On arrival, mean arterial pressures were >35 but within a few hours she began to suffer from refractory hypotension. Dopamine was escalated to 30 mcg/kg/min, dobutamine was started and titrated up to 20 mcg/kg/min, and epinephrine was started and titrated up to 0.2 mcg/kg/min. Hydrocortisone was given to treat possible adrenal insufficiency.
Given suspicion for pulmonary hypoplasia and concern for renal abnormalities, an abdominal ultrasound was obtained that showed the presence of bilateral, normal appearing kidneys, hepatomegaly, a malrotated and displaced spleen and fluid-filled bowel loops. Repeat chemistries were unremarkable except for continued acidosis. She had brisk urine output throughout the hospitalization.
Despite maximal therapy with multiple pressors, fluid resuscitation, and optimizing ventilator settings, she continued to have persistent hypoxemia, hypotension, and acidosis. Given the persistent hypoexpansion on x-ray, there was a concern for primary pulmonary hypoplasia. With this information in mind, the medical team concluded that the patient was not an ECMO candidate. The parents decided to redirect care towards palliation and comfort, aggressive care was withdrawn, and the patient was extubated and held by her father. At the time of death, the infant was 22 hours old.
Gross autopsy examinations revealed the right lung to have an incomplete horizontal fissure with a hypoplastic upper lung. The left lung had no fissure. Both lungs were very small. The diaphragm was intact and at the level of the fourth and fifth ribs (Figure 2). The liver was transverse but normally lobated. The spleen was bilobed and slightly smaller than expected. The uterus and vagina exhibited a didelphys configuration with a double vagina.
Figure 2. Frontal view of chest and abdomen showing elevated position of small lungs and the translucent, fibrous appearance of diaphragm.
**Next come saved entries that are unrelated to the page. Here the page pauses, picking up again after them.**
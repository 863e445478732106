ghost use Rattle.std.specs.Prelude.{◌≡◌};
ghost use Rattle.gate_model.specs.declared.resize_refusal.ResizeRefusal.TheVariants.{NoMemory as no_memory};

use crate::{Cause, NoMemory};
use std::alloc::AllocError;

/// Why a change of size was refused; the first cause that holds is given (this project's own rule).
#[derive(Clone, Copy, Debug, PartialEq, Eq)]
pub enum ResizeRefusal {
    /// The viewer never joined, or has left.
    NoViewer,
    /// The session was closed.
    Closed(Cause),
    /// The viewer doesn't have the role Control.
    Denied,
    /// That size is in force.
    Same,
    /// The session has this many entries, and may have no more.
    Worn { entries: u64 },
    /// Want of memory.
    NoMemory,
}

impl From<NoMemory> for ResizeRefusal {
    ghost from_gives = { λ _ e. e ≡ no_memory };

    fn from(_refused: NoMemory) -> ResizeRefusal {
        ResizeRefusal::NoMemory
    }
}

impl From<AllocError> for ResizeRefusal {
    ghost from_gives = { λ _ e. e ≡ no_memory };

    fn from(_refused: AllocError) -> ResizeRefusal {
        ResizeRefusal::NoMemory
    }
}
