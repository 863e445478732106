use crate::{Acts, Bytes, Cause, Faces, How, Instrs, Role, Share, Text};

/// One event of a session. A session's history is the list of its entries; it begins with `Start`.
#[derive(Drop)]
pub enum Entry {
    /// The session opened, with its size in cells, its share mode, its terminal type, the faces
    /// of its screen, the most entries that it may have, and its first frame.
    Start {
        cols: u16,
        rows: u16,
        mode: Share,
        term: Text,
        faces: Faces,
        entries: u64,
        stamp: u64,
        frame: Instrs,
    },
    /// The Telnet host sent bytes, and a frame was made.
    Feed {
        bytes: Bytes,
        stamp: u64,
        frame: Instrs,
    },
    /// A viewer gave the screen another size, and a frame was made.
    Size {
        viewer: u32,
        cols: u16,
        rows: u16,
        stamp: u64,
        frame: Instrs,
    },
    /// A viewer joined and was given its first instructions.
    Join {
        viewer: u32,
        role: Role,
        first: Instrs,
    },
    /// A viewer was brought to the newest stamp.
    Read {
        viewer: u32,
        how: How,
    },
    /// A viewer's instructions.
    Write {
        viewer: u32,
        acts: Acts,
    },
    /// Bytes were handed out for the Telnet host.
    Take {
        count: u64,
    },
    /// A viewer left.
    Leave {
        viewer: u32,
    },
    /// The session was closed.
    Close {
        cause: Cause,
    },
}
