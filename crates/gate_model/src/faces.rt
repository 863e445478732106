/// Which characters of one place have a face of their own: those of ASCII alone, or more, which are line drawing,
/// letters with marks and signs (this project's own sets; every other character is a box).
#[derive(Clone, Copy, Debug, PartialEq, Eq)]
pub enum Faces {
    Ascii,
    More,
}
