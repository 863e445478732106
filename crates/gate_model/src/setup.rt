use crate::{Faces, Share, Text};

/// What a session is opened with: 1 to 512 columns, 1 to 256 rows, a share mode, a terminal type of
/// 1 to 40 characters U+0021 to U+007E, the faces that its screen has, and the most entries that it may
/// have, 1 to 2^40.
#[derive(Drop)]
pub struct Setup {
    pub cols: u16,
    pub rows: u16,
    pub mode: Share,
    pub term: Text,
    pub faces: Faces,
    pub entries: u64,
}
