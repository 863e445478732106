ghost use Rattle.std.specs.Prelude.{◌≡◌};
ghost use Rattle.gate_model.specs.declared.feed_refusal.FeedRefusal.TheVariants.{NoMemory as no_memory};

use crate::{Cause, NoMemory};
use std::alloc::AllocError;

/// Why bytes of the Telnet host were refused; the first cause that holds is given (this project's own
/// rule).
#[derive(Clone, Copy, Debug, PartialEq, Eq)]
pub enum FeedRefusal {
    /// The session was closed.
    Closed(Cause),
    /// The session has this many entries, and may have no more.
    Worn { entries: u64 },
    /// Want of memory.
    NoMemory,
}

impl From<NoMemory> for FeedRefusal {
    ghost from_gives = { λ _ e. e ≡ no_memory };

    fn from(_refused: NoMemory) -> FeedRefusal {
        FeedRefusal::NoMemory
    }
}

impl From<AllocError> for FeedRefusal {
    ghost from_gives = { λ _ e. e ≡ no_memory };

    fn from(_refused: AllocError) -> FeedRefusal {
        FeedRefusal::NoMemory
    }
}
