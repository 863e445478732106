//! A row: what is run, and what it has to give.

/// Of which part of what was written the bytes of a row are.
#[derive(Clone, Copy)]
pub enum Extent {
    Whole,
    Front,
    End,
}

/// What has to be written.
#[derive(Drop)]
pub struct Wanted {
    pub extent: Extent,
    pub bytes: Vec<u8>,
}

/// How many bytes a read gives and a write takes at most, and which calls fail, by their numbers, counted from
/// 1; 0 for none. Where `turns` isn't 0, each read gives a line, and has to come after the answers to the lines
/// before it.
#[derive(Clone, Copy)]
pub struct Ends {
    pub piece: usize,
    pub answers_piece: usize,
    pub frames_piece: usize,
    pub source: u64,
    pub answers: u64,
    pub frames: u64,
    pub turns: u64,
}

/// The end of which a call fails.
#[derive(Clone, Copy)]
pub enum Target {
    Source,
    Answers,
    Frames,
}

/// Further runs of a row, one for each call of one end, in which that call fails.
#[derive(Clone, Copy)]
pub struct Sweep {
    pub target: Target,
    /// How many calls of that end a run without a fault makes.
    pub calls: u64,
}

#[derive(Drop)]
pub struct Row {
    pub title: String,
    pub words: Vec<String>,
    pub input: Vec<u8>,
    pub ends: Ends,
    pub sweep: Option<Sweep>,
    pub status: u8,
    pub answers: Wanted,
    pub frames: Option<Wanted>,
}

impl Wanted {
    /// Whether what was written is what has to be.
    pub fn is_met(&self, written: &[u8]) -> bool {
        let wanted = self.bytes.as_slice();
        match self.extent {
            Extent::Whole => written == wanted,
            Extent::Front => wanted.starts_with(written),
            Extent::End => written.ends_with(wanted),
        }
    }
}

impl Sweep {
    /// The ends, of which the call with this number fails.
    pub fn ends(self, ends: Ends, call: u64) -> Ends {
        match self.target {
            Target::Source => Ends {
                source: call,
                ..ends
            },
            Target::Answers => Ends {
                answers: call,
                ..ends
            },
            Target::Frames => Ends {
                frames: call,
                ..ends
            },
        }
    }

    /// The status of a run in which a call fails.
    pub fn status(self) -> u8 {
        match self.target {
            Target::Source => 4,
            Target::Answers | Target::Frames => 5,
        }
    }
}
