//! The files, made of web/ by tools/page-files.

ghost use Rattle.std.specs.Prelude.{◌≡◌, map};
ghost use Rattle.web_page.specs.Paths.{path_of, paths};

use page_files::PageFile;

// How many there are.
const COUNT: usize = 38;

/// All of them, in the order of their paths.
pub(crate) fn all() -> [PageFile; COUNT]
    ensures { map path_of result ≡ paths }
{
    [
        PageFile {
            path: "/address.js",
            kind: "text/javascript; charset=utf-8",
            body: address_js(),
        },
        PageFile {
            path: "/cells.js",
            kind: "text/javascript; charset=utf-8",
            body: cells_js(),
        },
        PageFile {
            path: "/choices.js",
            kind: "text/javascript; charset=utf-8",
            body: choices_js(),
        },
        PageFile {
            path: "/clock.js",
            kind: "text/javascript; charset=utf-8",
            body: clock_js(),
        },
        PageFile {
            path: "/display.js",
            kind: "text/javascript; charset=utf-8",
            body: display_js(),
        },
        PageFile {
            path: "/faces.js",
            kind: "text/javascript; charset=utf-8",
            body: faces_js(),
        },
        PageFile {
            path: "/follow.js",
            kind: "text/javascript; charset=utf-8",
            body: follow_js(),
        },
        PageFile {
            path: "/font.js",
            kind: "text/javascript; charset=utf-8",
            body: font_js(),
        },
        PageFile {
            path: "/index.html",
            kind: "text/html; charset=utf-8",
            body: index_html(),
        },
        PageFile {
            path: "/instructions.js",
            kind: "text/javascript; charset=utf-8",
            body: instructions_js(),
        },
        PageFile {
            path: "/keyboard.js",
            kind: "text/javascript; charset=utf-8",
            body: keyboard_js(),
        },
        PageFile {
            path: "/keysyms.js",
            kind: "text/javascript; charset=utf-8",
            body: keysyms_js(),
        },
        PageFile {
            path: "/layers.js",
            kind: "text/javascript; charset=utf-8",
            body: layers_js(),
        },
        PageFile {
            path: "/main.js",
            kind: "text/javascript; charset=utf-8",
            body: main_js(),
        },
        PageFile {
            path: "/messages.js",
            kind: "text/javascript; charset=utf-8",
            body: messages_js(),
        },
        PageFile {
            path: "/outbox.js",
            kind: "text/javascript; charset=utf-8",
            body: outbox_js(),
        },
        PageFile {
            path: "/palette.js",
            kind: "text/javascript; charset=utf-8",
            body: palette_js(),
        },
        PageFile {
            path: "/paste.js",
            kind: "text/javascript; charset=utf-8",
            body: paste_js(),
        },
        PageFile {
            path: "/play.css",
            kind: "text/css; charset=utf-8",
            body: play_css(),
        },
        PageFile {
            path: "/play.html",
            kind: "text/html; charset=utf-8",
            body: play_html(),
        },
        PageFile {
            path: "/play.js",
            kind: "text/javascript; charset=utf-8",
            body: play_js(),
        },
        PageFile {
            path: "/player.js",
            kind: "text/javascript; charset=utf-8",
            body: player_js(),
        },
        PageFile {
            path: "/request.js",
            kind: "text/javascript; charset=utf-8",
            body: request_js(),
        },
        PageFile {
            path: "/rest.js",
            kind: "text/javascript; charset=utf-8",
            body: rest_js(),
        },
        PageFile {
            path: "/save.js",
            kind: "text/javascript; charset=utf-8",
            body: save_js(),
        },
        PageFile {
            path: "/scrollback.js",
            kind: "text/javascript; charset=utf-8",
            body: scrollback_js(),
        },
        PageFile {
            path: "/selection.js",
            kind: "text/javascript; charset=utf-8",
            body: selection_js(),
        },
        PageFile {
            path: "/share.js",
            kind: "text/javascript; charset=utf-8",
            body: share_js(),
        },
        PageFile {
            path: "/sharp.js",
            kind: "text/javascript; charset=utf-8",
            body: sharp_js(),
        },
        PageFile {
            path: "/socket.js",
            kind: "text/javascript; charset=utf-8",
            body: socket_js(),
        },
        PageFile {
            path: "/speech.js",
            kind: "text/javascript; charset=utf-8",
            body: speech_js(),
        },
        PageFile {
            path: "/style.css",
            kind: "text/css; charset=utf-8",
            body: style_css(),
        },
        PageFile {
            path: "/textlayer.js",
            kind: "text/javascript; charset=utf-8",
            body: textlayer_js(),
        },
        PageFile {
            path: "/timer.js",
            kind: "text/javascript; charset=utf-8",
            body: timer_js(),
        },
        PageFile {
            path: "/touch.js",
            kind: "text/javascript; charset=utf-8",
            body: touch_js(),
        },
        PageFile {
            path: "/tunnel.js",
            kind: "text/javascript; charset=utf-8",
            body: tunnel_js(),
        },
        PageFile {
            path: "/view.js",
            kind: "text/javascript; charset=utf-8",
            body: view_js(),
        },
        PageFile {
            path: "/ways.js",
            kind: "text/javascript; charset=utf-8",
            body: ways_js(),
        },
    ]
}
On microscopic exam, the lungs were found to have markedly dysmorphic lung parenchyma with complex enlarged but collapsed bronchi with deficient musculature. On trichrome staining where muscle fibers should appear red and fibrous tissue blue, there was found to be a virtual absence of muscle fibers in the bronchi. The lungs showed decreased alveoli to bronchial tissue and large bronchi were seen near the vicinity of the pleura, which can be seen in hypoplastic lungs. The pulmonary arteries had markedly thickened walls and the lungs appeared immature with thickened septa. Sections of the sternocleidomastoid muscle, psoas muscle and quadriceps showed slightly small muscle fibers but no structural abnormalities. Using specific staining techniques, no increased fibrosis or fat accumulation was found. Glycogen distribution in the muscle sections was normal. Nicotinamide dinucleotide diaphorase (NADH), succinate dehydrogenase (SDH), and cytochrome oxidase (COX) staining were non-specific and adenosine triphosphatase (ATPase) stains did not reveal a specific diagnosis. The diaphragm was found to have a virtual absence of muscle fibers with trichrome staining as well. The normal muscle was replaced with dense fibrous tissue, adipose tissue, and blood vessels (Figure 3).
Figure 3. Trichrome stain showing absence of muscle fibers in diaphragm.
Blood was sent for survival motor neuron 1 (SMN 1) deletion analysis to evaluate for possible spinal muscular atrophy, which returned negative. A microarray, lactate and pyruvate levels, and plasma amino acids were also normal.
Discussion
We have presented a case of a 37 week female infant born to a mother with a pregnancy complicated only by polyhydramnios in the last two weeks prior to delivery, who presented with intractable hypoxic respiratory failure, minimal lung expansion and elevated diaphragms on x-ray. She was found to have marked pulmonary hypoplasia, significantly decreased musculature of the bronchial tree as well as virtually no musculature of the diaphragm on autopsy. Primary pulmonary hypoplasia was the initial working diagnosis for this patient, as she had no history or outward exam findings to suggest other causes for her respiratory failure and minimal lung expansion. However, upon autopsy, the absence of muscle fibers in the diaphragm leading to diaphragmatic eventration, gives a potential cause of her pulmonary hypoplasia.
Congenital diaphragmatic eventration, a condition where the diaphragm is either completely or partly replaced with fibroelastic tissue, is usually localized or unilateral and has rarely been documented as bilateral [2]. The most common cause of unilateral diaphragmatic eventration is phrenic nerve injury from delivery. Many cases are discovered on chest x-ray when the diaphragm is seen in an elevated position. Eventrations can be asymptomatic if the affected area is small and can cause increasing respiratory compromise as the defects become larger or are bilateral. Our patient had bilateral eventration and associated pulmonary hypoplasia that caused fatal respiratory failure. The association between diaphragmatic disorders and pulmonary hypoplasia is thought to be due to the lack of fetal breathing that occurs when the diaphragms are not functioning correctly; this could also be a potential cause of polyhydramnios as seen in this case. Usually when diaphragm dysfunction is this severe, it is found to be due to nervous system damage (i.e., phrenic nerve injury) or a congenital neuropathy or myopathy [1].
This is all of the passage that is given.